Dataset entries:
= = = = =

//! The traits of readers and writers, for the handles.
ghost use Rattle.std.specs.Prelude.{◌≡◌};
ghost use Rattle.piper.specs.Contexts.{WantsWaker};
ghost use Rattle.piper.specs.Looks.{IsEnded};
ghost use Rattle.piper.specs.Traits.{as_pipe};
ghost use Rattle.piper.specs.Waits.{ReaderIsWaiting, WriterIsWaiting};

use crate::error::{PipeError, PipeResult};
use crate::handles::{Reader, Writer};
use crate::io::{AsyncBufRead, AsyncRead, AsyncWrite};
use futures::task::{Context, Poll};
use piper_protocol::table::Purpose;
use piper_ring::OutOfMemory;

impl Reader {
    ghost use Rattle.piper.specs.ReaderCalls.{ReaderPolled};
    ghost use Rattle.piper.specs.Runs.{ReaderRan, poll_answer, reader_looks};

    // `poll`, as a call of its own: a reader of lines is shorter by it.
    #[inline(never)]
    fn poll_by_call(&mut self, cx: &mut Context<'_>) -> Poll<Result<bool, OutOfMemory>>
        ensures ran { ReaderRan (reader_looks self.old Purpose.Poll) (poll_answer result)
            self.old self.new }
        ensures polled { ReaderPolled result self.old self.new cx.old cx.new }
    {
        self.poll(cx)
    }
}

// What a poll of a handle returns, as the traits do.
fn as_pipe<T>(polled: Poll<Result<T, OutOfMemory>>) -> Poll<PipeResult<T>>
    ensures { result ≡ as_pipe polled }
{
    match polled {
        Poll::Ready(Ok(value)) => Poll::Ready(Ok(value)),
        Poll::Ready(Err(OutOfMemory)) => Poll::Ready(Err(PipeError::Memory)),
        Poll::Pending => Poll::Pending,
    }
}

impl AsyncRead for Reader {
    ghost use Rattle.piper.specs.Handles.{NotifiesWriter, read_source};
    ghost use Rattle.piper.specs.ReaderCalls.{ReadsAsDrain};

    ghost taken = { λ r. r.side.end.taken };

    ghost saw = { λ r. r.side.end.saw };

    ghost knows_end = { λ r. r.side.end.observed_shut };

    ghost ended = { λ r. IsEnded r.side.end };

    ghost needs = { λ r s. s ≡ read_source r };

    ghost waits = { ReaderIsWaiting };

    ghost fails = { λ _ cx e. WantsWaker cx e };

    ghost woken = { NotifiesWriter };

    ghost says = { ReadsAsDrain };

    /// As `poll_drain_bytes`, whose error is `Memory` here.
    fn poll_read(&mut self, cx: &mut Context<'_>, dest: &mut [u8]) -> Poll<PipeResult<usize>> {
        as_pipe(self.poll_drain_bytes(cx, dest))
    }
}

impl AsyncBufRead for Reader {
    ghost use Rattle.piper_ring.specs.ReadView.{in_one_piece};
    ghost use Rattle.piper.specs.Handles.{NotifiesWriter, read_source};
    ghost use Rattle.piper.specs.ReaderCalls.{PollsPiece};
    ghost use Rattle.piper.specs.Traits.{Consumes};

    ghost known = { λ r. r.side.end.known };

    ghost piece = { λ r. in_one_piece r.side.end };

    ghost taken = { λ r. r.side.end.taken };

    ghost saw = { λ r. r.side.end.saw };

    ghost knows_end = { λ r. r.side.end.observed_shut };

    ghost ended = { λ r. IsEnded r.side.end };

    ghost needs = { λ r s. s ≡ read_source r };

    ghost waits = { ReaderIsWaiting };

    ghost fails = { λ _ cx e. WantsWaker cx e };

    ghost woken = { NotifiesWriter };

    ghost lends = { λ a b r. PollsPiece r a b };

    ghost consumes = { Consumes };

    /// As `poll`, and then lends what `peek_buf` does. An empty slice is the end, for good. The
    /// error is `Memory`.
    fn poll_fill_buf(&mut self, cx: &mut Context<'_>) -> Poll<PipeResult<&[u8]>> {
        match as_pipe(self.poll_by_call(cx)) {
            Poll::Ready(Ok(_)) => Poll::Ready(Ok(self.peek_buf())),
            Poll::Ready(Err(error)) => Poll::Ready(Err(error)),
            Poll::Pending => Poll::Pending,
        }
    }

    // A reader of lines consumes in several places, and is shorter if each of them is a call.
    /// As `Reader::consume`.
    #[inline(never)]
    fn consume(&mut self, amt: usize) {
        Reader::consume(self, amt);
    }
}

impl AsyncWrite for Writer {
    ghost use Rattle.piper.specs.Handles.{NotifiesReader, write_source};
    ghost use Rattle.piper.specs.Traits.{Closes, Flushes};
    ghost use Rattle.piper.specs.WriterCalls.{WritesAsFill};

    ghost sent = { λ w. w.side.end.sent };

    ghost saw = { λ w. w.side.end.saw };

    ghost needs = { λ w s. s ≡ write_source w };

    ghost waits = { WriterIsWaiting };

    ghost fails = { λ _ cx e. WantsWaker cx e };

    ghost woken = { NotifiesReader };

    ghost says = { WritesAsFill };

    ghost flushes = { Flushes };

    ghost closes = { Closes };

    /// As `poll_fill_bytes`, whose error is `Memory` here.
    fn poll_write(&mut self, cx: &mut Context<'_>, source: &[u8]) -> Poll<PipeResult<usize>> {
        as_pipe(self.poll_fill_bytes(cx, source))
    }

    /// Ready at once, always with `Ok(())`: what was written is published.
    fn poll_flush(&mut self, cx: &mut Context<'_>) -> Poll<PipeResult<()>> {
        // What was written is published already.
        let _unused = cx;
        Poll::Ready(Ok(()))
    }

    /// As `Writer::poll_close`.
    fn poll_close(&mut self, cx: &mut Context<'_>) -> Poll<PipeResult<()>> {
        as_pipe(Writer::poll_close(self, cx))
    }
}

= = = = =

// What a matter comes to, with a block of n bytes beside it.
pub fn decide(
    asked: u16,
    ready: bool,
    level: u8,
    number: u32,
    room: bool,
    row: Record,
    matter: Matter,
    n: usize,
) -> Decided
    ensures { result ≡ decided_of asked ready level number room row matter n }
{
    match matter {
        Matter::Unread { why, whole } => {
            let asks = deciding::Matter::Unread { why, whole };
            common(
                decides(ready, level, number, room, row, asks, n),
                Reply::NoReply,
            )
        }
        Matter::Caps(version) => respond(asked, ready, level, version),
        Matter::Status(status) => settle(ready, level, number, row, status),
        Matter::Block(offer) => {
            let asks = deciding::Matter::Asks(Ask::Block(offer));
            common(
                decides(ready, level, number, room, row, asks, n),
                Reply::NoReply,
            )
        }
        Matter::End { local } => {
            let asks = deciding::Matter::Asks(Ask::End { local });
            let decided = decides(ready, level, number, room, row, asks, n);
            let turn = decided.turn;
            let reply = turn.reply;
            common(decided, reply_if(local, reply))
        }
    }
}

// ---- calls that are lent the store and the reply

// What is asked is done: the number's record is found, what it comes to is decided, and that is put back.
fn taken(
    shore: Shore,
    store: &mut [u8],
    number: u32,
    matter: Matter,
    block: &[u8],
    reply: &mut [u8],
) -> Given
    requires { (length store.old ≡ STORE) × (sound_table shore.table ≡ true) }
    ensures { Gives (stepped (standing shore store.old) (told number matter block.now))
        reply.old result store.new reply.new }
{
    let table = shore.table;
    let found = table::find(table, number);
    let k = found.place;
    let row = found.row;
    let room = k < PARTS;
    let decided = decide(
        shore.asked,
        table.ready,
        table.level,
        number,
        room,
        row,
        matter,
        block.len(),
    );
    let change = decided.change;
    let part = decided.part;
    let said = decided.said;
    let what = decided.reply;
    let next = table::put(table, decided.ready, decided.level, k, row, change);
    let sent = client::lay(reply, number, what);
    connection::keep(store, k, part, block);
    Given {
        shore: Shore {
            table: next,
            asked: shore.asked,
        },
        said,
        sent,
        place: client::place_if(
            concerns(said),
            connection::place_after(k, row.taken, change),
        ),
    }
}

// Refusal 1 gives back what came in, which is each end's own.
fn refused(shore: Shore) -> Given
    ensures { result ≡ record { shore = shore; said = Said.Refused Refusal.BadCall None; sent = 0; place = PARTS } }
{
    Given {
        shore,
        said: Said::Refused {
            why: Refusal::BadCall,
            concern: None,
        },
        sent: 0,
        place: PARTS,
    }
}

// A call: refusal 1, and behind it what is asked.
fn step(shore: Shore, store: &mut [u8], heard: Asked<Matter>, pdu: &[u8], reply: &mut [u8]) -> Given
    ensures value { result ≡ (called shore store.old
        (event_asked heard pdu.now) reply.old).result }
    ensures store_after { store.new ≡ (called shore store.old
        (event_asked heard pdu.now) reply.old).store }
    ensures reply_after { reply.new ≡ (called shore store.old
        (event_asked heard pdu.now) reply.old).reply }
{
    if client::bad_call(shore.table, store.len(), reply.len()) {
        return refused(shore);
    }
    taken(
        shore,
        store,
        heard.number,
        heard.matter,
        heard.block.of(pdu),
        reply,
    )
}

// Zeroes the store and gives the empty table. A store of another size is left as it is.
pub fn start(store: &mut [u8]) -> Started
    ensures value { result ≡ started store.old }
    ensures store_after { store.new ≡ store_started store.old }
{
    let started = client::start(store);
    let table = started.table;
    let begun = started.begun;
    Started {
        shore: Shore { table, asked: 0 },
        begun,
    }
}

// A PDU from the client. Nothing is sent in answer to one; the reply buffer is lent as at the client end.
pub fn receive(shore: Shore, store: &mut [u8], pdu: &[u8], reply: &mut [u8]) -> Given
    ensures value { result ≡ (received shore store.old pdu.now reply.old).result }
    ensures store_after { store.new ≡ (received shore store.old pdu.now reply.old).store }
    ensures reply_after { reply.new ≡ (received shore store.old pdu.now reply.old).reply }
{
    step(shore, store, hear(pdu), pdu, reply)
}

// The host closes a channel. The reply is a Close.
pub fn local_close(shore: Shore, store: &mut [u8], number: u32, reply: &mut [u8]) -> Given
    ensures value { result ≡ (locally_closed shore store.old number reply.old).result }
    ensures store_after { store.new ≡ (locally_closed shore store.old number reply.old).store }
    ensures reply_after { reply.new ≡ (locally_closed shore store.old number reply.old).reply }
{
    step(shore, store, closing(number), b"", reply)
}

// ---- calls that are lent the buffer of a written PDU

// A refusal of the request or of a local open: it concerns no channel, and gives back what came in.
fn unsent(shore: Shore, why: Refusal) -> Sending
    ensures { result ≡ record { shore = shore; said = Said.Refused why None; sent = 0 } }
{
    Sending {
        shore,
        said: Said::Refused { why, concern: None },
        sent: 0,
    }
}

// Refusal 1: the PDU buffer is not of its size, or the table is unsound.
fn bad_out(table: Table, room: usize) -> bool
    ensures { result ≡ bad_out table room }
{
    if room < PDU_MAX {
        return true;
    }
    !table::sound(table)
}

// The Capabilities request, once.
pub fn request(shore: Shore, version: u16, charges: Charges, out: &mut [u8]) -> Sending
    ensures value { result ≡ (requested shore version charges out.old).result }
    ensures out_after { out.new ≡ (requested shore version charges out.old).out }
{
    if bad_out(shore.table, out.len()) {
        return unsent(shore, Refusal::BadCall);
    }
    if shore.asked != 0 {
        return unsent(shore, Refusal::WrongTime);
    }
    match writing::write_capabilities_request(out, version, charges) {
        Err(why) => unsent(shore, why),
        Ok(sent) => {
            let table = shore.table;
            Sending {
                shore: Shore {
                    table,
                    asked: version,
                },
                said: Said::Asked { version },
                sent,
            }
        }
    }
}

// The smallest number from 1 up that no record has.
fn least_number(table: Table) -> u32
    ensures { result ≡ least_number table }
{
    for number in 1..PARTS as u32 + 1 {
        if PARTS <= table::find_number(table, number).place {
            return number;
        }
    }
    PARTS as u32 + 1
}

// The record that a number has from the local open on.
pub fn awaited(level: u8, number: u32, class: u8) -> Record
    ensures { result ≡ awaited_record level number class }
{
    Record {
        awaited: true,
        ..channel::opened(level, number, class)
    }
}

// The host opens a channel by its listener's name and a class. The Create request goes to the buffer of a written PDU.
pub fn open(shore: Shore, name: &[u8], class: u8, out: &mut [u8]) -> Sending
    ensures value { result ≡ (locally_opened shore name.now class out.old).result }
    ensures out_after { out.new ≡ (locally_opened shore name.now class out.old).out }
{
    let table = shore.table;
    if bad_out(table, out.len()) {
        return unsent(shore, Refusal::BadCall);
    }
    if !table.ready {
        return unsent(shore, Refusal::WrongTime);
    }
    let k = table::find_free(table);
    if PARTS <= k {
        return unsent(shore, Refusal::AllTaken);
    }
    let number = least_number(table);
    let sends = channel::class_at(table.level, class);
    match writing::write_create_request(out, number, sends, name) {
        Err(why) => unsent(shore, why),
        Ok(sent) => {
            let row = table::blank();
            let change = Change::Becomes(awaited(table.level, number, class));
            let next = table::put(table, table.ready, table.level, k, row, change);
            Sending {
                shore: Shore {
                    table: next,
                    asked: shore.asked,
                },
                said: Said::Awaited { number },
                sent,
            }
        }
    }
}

= = = = =

The problem. Only lines with the word "usize" go in the answer. Take them all from the entries above.

Your response.
    fn poll_read(&mut self, cx: &mut Context<'_>, dest: &mut [u8]) -> Poll<PipeResult<usize>> {
    fn consume(&mut self, amt: usize) {
    fn poll_write(&mut self, cx: &mut Context<'_>, source: &[u8]) -> Poll<PipeResult<usize>> {
    n: usize,
fn bad_out(table: Table, room: usize) -> bool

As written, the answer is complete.